INSTRUCTIONS FOR THE TASK:
Copy out the data below verbatim.

Collection entries:
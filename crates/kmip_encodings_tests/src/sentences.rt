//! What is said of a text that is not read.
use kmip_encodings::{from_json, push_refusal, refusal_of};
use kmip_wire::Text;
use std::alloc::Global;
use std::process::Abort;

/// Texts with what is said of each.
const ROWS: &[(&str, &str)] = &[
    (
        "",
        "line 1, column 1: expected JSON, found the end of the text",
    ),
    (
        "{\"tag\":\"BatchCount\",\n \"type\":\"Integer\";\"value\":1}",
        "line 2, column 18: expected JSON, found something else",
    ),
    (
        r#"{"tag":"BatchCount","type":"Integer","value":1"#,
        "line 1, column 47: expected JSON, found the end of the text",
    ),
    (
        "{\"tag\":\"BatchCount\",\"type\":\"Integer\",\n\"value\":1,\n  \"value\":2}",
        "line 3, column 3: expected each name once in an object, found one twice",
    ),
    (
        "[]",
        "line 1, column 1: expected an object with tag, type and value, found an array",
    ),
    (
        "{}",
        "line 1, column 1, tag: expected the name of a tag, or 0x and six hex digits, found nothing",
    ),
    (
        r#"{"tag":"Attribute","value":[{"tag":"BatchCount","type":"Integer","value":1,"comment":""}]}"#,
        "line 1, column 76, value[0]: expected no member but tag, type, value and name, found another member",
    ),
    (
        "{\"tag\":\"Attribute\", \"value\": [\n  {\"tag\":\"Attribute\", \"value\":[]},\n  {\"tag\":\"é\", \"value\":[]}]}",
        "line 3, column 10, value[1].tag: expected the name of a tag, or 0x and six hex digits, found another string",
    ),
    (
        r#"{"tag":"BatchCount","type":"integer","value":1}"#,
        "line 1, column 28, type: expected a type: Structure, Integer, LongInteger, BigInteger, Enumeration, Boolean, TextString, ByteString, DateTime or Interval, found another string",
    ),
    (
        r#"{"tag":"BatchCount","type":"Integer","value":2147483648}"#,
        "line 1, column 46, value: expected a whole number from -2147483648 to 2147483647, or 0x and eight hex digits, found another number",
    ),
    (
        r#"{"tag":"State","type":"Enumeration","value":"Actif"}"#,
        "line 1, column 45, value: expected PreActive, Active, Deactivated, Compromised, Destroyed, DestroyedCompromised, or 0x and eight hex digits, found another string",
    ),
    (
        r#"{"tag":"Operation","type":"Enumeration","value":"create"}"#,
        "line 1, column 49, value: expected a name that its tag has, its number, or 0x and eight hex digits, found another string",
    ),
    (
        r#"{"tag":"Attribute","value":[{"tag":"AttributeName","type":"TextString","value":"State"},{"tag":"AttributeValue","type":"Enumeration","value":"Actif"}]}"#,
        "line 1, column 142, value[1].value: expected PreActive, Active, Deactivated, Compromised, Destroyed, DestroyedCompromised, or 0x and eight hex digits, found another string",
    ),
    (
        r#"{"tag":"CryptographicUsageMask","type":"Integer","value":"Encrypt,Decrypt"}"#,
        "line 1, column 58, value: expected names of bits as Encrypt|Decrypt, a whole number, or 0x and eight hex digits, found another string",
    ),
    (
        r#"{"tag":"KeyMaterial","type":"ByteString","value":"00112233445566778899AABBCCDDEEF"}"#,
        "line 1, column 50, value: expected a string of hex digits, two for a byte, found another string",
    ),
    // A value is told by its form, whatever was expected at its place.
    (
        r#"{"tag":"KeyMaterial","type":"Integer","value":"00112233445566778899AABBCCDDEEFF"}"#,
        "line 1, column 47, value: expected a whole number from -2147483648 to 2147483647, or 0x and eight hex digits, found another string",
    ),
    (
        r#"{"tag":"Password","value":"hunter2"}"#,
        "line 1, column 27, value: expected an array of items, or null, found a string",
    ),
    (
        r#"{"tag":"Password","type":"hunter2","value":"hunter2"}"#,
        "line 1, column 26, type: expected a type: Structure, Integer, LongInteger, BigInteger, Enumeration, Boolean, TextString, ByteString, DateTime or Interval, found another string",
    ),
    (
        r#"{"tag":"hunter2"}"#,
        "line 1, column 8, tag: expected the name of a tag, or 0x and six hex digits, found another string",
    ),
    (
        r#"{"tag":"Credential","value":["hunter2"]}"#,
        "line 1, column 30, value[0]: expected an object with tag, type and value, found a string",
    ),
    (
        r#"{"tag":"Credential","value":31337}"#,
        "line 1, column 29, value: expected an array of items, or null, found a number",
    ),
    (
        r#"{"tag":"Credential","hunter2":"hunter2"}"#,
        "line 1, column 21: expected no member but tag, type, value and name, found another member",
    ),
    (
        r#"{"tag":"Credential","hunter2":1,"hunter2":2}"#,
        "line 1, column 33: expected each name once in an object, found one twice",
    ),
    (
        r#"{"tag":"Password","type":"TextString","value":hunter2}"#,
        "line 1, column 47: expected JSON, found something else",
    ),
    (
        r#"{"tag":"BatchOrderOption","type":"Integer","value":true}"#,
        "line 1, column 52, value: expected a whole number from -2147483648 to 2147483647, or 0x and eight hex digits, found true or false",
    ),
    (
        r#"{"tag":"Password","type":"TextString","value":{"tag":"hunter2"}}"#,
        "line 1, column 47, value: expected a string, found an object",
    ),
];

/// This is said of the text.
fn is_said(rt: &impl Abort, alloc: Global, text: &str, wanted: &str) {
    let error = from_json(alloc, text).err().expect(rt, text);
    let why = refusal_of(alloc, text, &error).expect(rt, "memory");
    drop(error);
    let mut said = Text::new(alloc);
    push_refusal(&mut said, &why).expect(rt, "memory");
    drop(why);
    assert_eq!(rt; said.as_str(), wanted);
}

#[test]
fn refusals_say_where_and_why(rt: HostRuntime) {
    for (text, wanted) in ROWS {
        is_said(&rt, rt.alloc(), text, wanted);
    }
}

EXERCISE RESPONSE:
filename crates/kmip_encodings_tests/src/sentences.rt
//! What is said of a text that is not read.
use kmip_encodings::{from_json, push_refusal, refusal_of};
use kmip_wire::Text;
use std::alloc::Global;
use std::process::Abort;

/// Texts with what is said of each.
const ROWS: &[(&str, &str)] = &[
    (
        "",
        "line 1, column 1: expected JSON, found the end of the text",
    ),
    (
        "{\"tag\":\"BatchCount\",\n \"type\":\"Integer\";\"value\":1}",
        "line 2, column 18: expected JSON, found something else",
    ),
    (
        r#"{"tag":"BatchCount","type":"Integer","value":1"#,
        "line 1, column 47: expected JSON, found the end of the text",
    ),
    (
        "{\"tag\":\"BatchCount\",\"type\":\"Integer\",\n\"value\":1,\n  \"value\":2}",
        "line 3, column 3: expected each name once in an object, found one twice",
    ),
    (
        "[]",
        "line 1, column 1: expected an object with tag, type and value, found an array",
    ),
    (
        "{}",
        "line 1, column 1, tag: expected the name of a tag, or 0x and six hex digits, found nothing",
    ),
    (
        r#"{"tag":"Attribute","value":[{"tag":"BatchCount","type":"Integer","value":1,"comment":""}]}"#,
        "line 1, column 76, value[0]: expected no member but tag, type, value and name, found another member",
    ),
    (
        "{\"tag\":\"Attribute\", \"value\": [\n  {\"tag\":\"Attribute\", \"value\":[]},\n  {\"tag\":\"é\", \"value\":[]}]}",
        "line 3, column 10, value[1].tag: expected the name of a tag, or 0x and six hex digits, found another string",
    ),
    (
        r#"{"tag":"BatchCount","type":"integer","value":1}"#,
        "line 1, column 28, type: expected a type: Structure, Integer, LongInteger, BigInteger, Enumeration, Boolean, TextString, ByteString, DateTime or Interval, found another string",
    ),
    (
        r#"{"tag":"BatchCount","type":"Integer","value":2147483648}"#,
        "line 1, column 46, value: expected a whole number from -2147483648 to 2147483647, or 0x and eight hex digits, found another number",
    ),
    (
        r#"{"tag":"State","type":"Enumeration","value":"Actif"}"#,
        "line 1, column 45, value: expected PreActive, Active, Deactivated, Compromised, Destroyed, DestroyedCompromised, or 0x and eight hex digits, found another string",
    ),
    (
        r#"{"tag":"Operation","type":"Enumeration","value":"create"}"#,
        "line 1, column 49, value: expected a name that its tag has, its number, or 0x and eight hex digits, found another string",
    ),
    (
        r#"{"tag":"Attribute","value":[{"tag":"AttributeName","type":"TextString","value":"State"},{"tag":"AttributeValue","type":"Enumeration","value":"Actif"}]}"#,
        "line 1, column 142, value[1].value: expected PreActive, Active, Deactivated, Compromised, Destroyed, DestroyedCompromised, or 0x and eight hex digits, found another string",
    ),
    (
        r#"{"tag":"CryptographicUsageMask","type":"Integer","value":"Encrypt,Decrypt"}"#,
        "line 1, column 58, value: expected names of bits as Encrypt|Decrypt, a whole number, or 0x and eight hex digits, found another string",
    ),
    (
        r#"{"tag":"KeyMaterial","type":"ByteString","value":"00112233445566778899AABBCCDDEEF"}"#,
        "line 1, column 50, value: expected a string of hex digits, two for a byte, found another string",
    ),
    // A value is told by its form, whatever was expected at its place.
    (
        r#"{"tag":"KeyMaterial","type":"Integer","value":"00112233445566778899AABBCCDDEEFF"}"#,
        "line 1, column 47, value: expected a whole number from -2147483648 to 2147483647, or 0x and eight hex digits, found another string",
    ),
    (
        r#"{"tag":"Password","value":"hunter2"}"#,
        "line 1, column 27, value: expected an array of items, or null, found a string",
    ),
    (
        r#"{"tag":"Password","type":"hunter2","value":"hunter2"}"#,
        "line 1, column 26, type: expected a type: Structure, Integer, LongInteger, BigInteger, Enumeration, Boolean, TextString, ByteString, DateTime or Interval, found another string",
    ),
    (
        r#"{"tag":"hunter2"}"#,
        "line 1, column 8, tag: expected the name of a tag, or 0x and six hex digits, found another string",
    ),
    (
        r#"{"tag":"Credential","value":["hunter2"]}"#,
        "line 1, column 30, value[0]: expected an object with tag, type and value, found a string",
    ),
    (
        r#"{"tag":"Credential","value":31337}"#,
        "line 1, column 29, value: expected an array of items, or null, found a number",
    ),
    (
        r#"{"tag":"Credential","hunter2":"hunter2"}"#,
        "line 1, column 21: expected no member but tag, type, value and name, found another member",
    ),
    (
        r#"{"tag":"Credential","hunter2":1,"hunter2":2}"#,
        "line 1, column 33: expected each name once in an object, found one twice",
    ),
    (
        r#"{"tag":"Password","type":"TextString","value":hunter2}"#,
        "line 1, column 47: expected JSON, found something else",
    ),
    (
        r#"{"tag":"BatchOrderOption","type":"Integer","value":true}"#,
        "line 1, column 52, value: expected a whole number from -2147483648 to 2147483647, or 0x and eight hex digits, found true or false",
    ),
    (
        r#"{"tag":"Password","type":"TextString","value":{"tag":"hunter2"}}"#,
        "line 1, column 47, value: expected a string, found an object",
    ),
];

/// This is said of the text.
fn is_said(rt: &impl Abort, alloc: Global, text: &str, wanted: &str) {
    let error = from_json(alloc, text).err().expect(rt, text);
    let why = refusal_of(alloc, text, &error).expect(rt, "memory");
    drop(error);
    let mut said = Text::new(alloc);
    push_refusal(&mut said, &why).expect(rt, "memory");
    drop(why);
    assert_eq!(rt; said.as_str(), wanted);
}

#[test]
fn refusals_say_where_and_why(rt: HostRuntime) {
    for (text, wanted) in ROWS {
        is_said(&rt, rt.alloc(), text, wanted);
    }
}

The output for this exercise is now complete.